I think this will help. I haven't validated it yet. The patterns are sound, the research supports the approach, but the proof is in whether the tool would now catch what it missed when it analyzed itself. That's the next test.

Where this leaves the project

I shared the earlier dogfood run where I ran Haytham through all four phases and it built a working MVP of itself. That post was about the gap between a generated MVP and a production system. This experiment is about a different gap: the one between analyzing a market and questioning a strategy.
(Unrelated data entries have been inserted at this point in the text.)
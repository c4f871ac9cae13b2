use crate::fault::ToolFault;
use crate::push::push;
use bag_tree::Facts;
use cell_device::MemoryCell;
use dgram::{DgramFault, decode};
use fed_types::{SiteNo, Slot};
use site::{Answer, Reply, Site, SiteFault};
use std::alloc::Global;

/// A call of a site.
#[derive(Clone, Copy)]
pub(crate) enum Call<'a> {
    Deposit(&'a Slot, &'a Facts),
    Propose(&'a Slot),
    Recover(&'a Slot),
    Ask(&'a Slot, SiteNo),
    Arrive(&'a [u8]),
}

/// Why a call has no answer.
#[derive(Clone, Copy)]
pub(crate) enum Failure {
    /// The site refuses it.
    Refused(SiteFault),
    /// There is no such call, or its answer is wrong.
    Faulty(ToolFault),
}

impl From<ToolFault> for Failure {
    fn from(fault: ToolFault) -> Failure {
        Failure::Faulty(fault)
    }
}

/// How often a call is made.
#[derive(Clone, Copy)]
pub enum Tries {
    /// Once: where it finds no memory its site is closed, and the script ends.
    Once,
    /// Again where it finds no memory, when it has to find some.
    Twice,
}

/// Makes a call. If it finds no memory, it has to leave unchanged the reply for each slot that has
/// a record, and for its own slot.
pub(crate) fn make(
    alloc: Global,
    site: &mut Site<MemoryCell>,
    call: &Call,
) -> Result<Answer, Failure> {
    let before = replies(alloc, site, call)?;
    make_from(alloc, site, call, before.as_slice())
}

fn make_from(
    alloc: Global,
    site: &mut Site<MemoryCell>,
    call: &Call,
    before: &[Result<Reply, SiteFault>],
) -> Result<Answer, Failure> {
    let made = make_once(site, call);
    if let Err(SiteFault::Memory) = made {
        check_replies(alloc, site, call, before)?;
    }
    match made {
        Ok(answer) => Ok(answer),
        Err(fault) => Err(Failure::Refused(fault)),
    }
}

/// Makes a call, and makes it again where it finds no memory.
pub(crate) fn make_twice(
    alloc: Global,
    site: &mut Site<MemoryCell>,
    call: &Call,
) -> Result<Answer, Failure> {
    match make(alloc, site, call) {
        Err(Failure::Refused(SiteFault::Memory)) => make_again(site, call),
        made => made,
    }
}

fn make_again(site: &mut Site<MemoryCell>, call: &Call) -> Result<Answer, Failure> {
    match make_once(site, call) {
        Ok(answer) => Ok(answer),
        Err(SiteFault::Memory) => Err(Failure::Faulty(ToolFault::Wrong)),
        Err(fault) => Err(Failure::Refused(fault)),
    }
}

fn make_once(site: &mut Site<MemoryCell>, call: &Call) -> Result<Answer, SiteFault> {
    match *call {
        Call::Deposit(slot, facts) => site.deposit(slot, facts),
        Call::Propose(slot) => site.propose(slot),
        Call::Recover(slot) => site.recover(slot),
        Call::Ask(slot, to) => site.ask(slot, to),
        Call::Arrive(bytes) => site.arrive(bytes),
    }
}

/// Whether these are the replies still.
fn check_replies(
    alloc: Global,
    site: &Site<MemoryCell>,
    call: &Call,
    before: &[Result<Reply, SiteFault>],
) -> Result<(), ToolFault> {
    let after = replies(alloc, site, call)?;
    if after.as_slice() == before {
        Ok(())
    } else {
        Err(ToolFault::Wrong)
    }
}

/// What a query says for the slot of each record, in order, and for the slot of the call.
fn replies(
    alloc: Global,
    site: &Site<MemoryCell>,
    call: &Call,
) -> Result<Vec<Result<Reply, SiteFault>>, ToolFault> {
    let mut replies = Vec::new(alloc);
    match push_replies(alloc, site, call, &mut replies) {
        Ok(()) => Ok(replies),
        Err(fault) => Err(fault),
    }
}

fn push_replies(
    alloc: Global,
    site: &Site<MemoryCell>,
    call: &Call,
    replies: &mut Vec<Result<Reply, SiteFault>>,
) -> Result<(), ToolFault> {
    for record in site.records() {
        push(replies, site.query(&record.slot))?;
    }
    match *call {
        Call::Deposit(slot, _) | Call::Propose(slot) | Call::Recover(slot) | Call::Ask(slot, _) => {
            push(replies, site.query(slot))?;
        }
        Call::Arrive(bytes) => push_reply_of(alloc, site, bytes, replies)?,
    }
    Ok(())
}

/// Adds the reply for a datagram's slot; for bytes that are no datagram it adds nothing.
fn push_reply_of(
    alloc: Global,
    site: &Site<MemoryCell>,
    bytes: &[u8],
    replies: &mut Vec<Result<Reply, SiteFault>>,
) -> Result<(), ToolFault> {
    match decode(alloc, site.members().federation(), bytes) {
        Ok(message) => push(replies, site.query(&message.slot)),
        Err(DgramFault::Memory) => Err(ToolFault::Memory),
        Err(_) => Ok(()),
    }
}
Both gaps point in the same direction. The interesting problems in AI-assisted development aren't in generation. They're in the accumulated context that makes generation useful: why this feature exists, why that constraint was added, what broke when we tried the simpler version. The telephone game problem I wrote about earlier is the technical version of this. The identity crisis is the strategic version.

I'm still figuring out what Haytham becomes. The validation pipeline works. The question is whether it's a product or a demo for the thing that comes after it. If you want to run the same experiment on your own project: /haytham:validate "your own tool's description here". The repo is open source. I'm curious whether your tool finds the same blind spots mine did.